━━━━━ Task input ━━━━━

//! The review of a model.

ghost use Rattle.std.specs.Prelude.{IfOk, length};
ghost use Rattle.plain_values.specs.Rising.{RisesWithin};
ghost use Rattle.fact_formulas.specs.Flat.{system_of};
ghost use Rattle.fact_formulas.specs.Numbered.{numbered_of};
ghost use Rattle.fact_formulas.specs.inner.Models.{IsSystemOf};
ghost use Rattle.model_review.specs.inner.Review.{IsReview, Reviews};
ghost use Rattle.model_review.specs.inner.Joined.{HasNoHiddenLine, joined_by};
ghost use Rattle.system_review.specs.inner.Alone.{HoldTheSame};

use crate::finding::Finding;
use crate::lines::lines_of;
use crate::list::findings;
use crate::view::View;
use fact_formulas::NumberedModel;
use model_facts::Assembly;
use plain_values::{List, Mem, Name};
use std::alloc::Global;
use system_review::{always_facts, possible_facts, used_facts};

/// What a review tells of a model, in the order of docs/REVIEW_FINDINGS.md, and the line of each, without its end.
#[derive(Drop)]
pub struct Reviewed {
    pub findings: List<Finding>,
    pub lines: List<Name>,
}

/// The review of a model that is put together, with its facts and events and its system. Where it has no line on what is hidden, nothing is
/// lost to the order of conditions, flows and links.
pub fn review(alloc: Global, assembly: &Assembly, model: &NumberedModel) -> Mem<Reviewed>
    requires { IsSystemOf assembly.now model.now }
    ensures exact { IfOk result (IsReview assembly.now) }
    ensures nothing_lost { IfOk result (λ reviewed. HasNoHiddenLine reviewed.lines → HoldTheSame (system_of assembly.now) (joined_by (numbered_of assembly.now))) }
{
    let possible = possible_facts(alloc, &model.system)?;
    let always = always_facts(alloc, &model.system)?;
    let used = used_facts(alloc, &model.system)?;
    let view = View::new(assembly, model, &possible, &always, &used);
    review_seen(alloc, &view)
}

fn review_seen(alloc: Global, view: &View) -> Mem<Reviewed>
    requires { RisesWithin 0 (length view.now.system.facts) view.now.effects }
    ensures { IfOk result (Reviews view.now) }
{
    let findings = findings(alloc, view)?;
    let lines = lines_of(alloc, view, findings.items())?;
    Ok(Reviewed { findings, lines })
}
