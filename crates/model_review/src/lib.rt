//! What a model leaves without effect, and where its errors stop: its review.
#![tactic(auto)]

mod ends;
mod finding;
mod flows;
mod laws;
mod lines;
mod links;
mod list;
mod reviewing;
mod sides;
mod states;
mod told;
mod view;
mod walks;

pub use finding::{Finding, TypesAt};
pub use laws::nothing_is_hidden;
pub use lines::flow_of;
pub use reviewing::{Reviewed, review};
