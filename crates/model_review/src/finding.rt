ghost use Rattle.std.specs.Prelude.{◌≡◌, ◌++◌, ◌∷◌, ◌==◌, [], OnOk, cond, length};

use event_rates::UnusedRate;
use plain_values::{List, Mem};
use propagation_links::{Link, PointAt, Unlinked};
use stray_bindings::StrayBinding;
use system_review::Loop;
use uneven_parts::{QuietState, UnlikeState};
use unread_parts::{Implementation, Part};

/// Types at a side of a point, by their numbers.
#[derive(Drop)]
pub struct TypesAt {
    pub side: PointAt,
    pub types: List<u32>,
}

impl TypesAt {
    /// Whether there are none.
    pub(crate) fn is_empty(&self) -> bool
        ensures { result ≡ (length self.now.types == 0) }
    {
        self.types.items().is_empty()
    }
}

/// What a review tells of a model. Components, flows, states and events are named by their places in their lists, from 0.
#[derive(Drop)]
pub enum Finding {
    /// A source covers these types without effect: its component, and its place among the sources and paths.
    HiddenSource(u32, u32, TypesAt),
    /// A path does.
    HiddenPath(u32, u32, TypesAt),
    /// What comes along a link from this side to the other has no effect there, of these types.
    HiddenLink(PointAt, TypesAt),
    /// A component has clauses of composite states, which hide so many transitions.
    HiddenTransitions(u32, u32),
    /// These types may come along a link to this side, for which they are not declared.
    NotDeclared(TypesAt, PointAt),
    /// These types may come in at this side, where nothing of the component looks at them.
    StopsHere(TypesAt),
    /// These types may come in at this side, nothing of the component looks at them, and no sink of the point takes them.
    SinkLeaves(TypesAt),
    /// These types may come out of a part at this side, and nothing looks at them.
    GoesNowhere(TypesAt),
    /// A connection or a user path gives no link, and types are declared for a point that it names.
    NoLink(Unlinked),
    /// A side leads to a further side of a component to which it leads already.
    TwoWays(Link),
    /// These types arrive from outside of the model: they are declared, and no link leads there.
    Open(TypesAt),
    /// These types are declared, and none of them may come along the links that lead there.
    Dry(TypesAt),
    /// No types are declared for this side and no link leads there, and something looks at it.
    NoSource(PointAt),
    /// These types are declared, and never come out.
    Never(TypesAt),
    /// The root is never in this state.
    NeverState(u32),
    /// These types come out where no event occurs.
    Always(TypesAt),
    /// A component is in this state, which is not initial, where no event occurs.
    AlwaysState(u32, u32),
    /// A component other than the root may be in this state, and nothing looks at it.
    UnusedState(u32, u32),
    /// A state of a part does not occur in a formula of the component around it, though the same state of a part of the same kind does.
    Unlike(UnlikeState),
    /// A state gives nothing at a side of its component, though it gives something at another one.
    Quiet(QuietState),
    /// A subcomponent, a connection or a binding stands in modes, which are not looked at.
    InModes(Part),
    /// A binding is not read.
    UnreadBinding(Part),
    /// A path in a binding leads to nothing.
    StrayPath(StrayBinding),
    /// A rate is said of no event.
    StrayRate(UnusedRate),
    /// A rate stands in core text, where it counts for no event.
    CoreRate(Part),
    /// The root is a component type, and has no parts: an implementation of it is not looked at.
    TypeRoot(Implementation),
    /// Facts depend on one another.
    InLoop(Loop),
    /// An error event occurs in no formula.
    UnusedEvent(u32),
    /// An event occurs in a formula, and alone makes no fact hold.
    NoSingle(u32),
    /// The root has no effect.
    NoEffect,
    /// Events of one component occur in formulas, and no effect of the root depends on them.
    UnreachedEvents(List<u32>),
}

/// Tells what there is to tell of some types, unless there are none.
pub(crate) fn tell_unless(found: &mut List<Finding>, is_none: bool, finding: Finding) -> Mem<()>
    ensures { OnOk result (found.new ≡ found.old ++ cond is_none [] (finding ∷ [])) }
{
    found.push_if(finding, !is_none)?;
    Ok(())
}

━━━━━

**Assigned task**
Show all lines from the entries that hold "without".

**Written response**
/// What a review tells of a model, in the order of docs/REVIEW_FINDINGS.md, and the line of each, without its end.
//! What a model leaves without effect, and where its errors stop: its review.
    /// A source covers these types without effect: its component, and its place among the sources and paths.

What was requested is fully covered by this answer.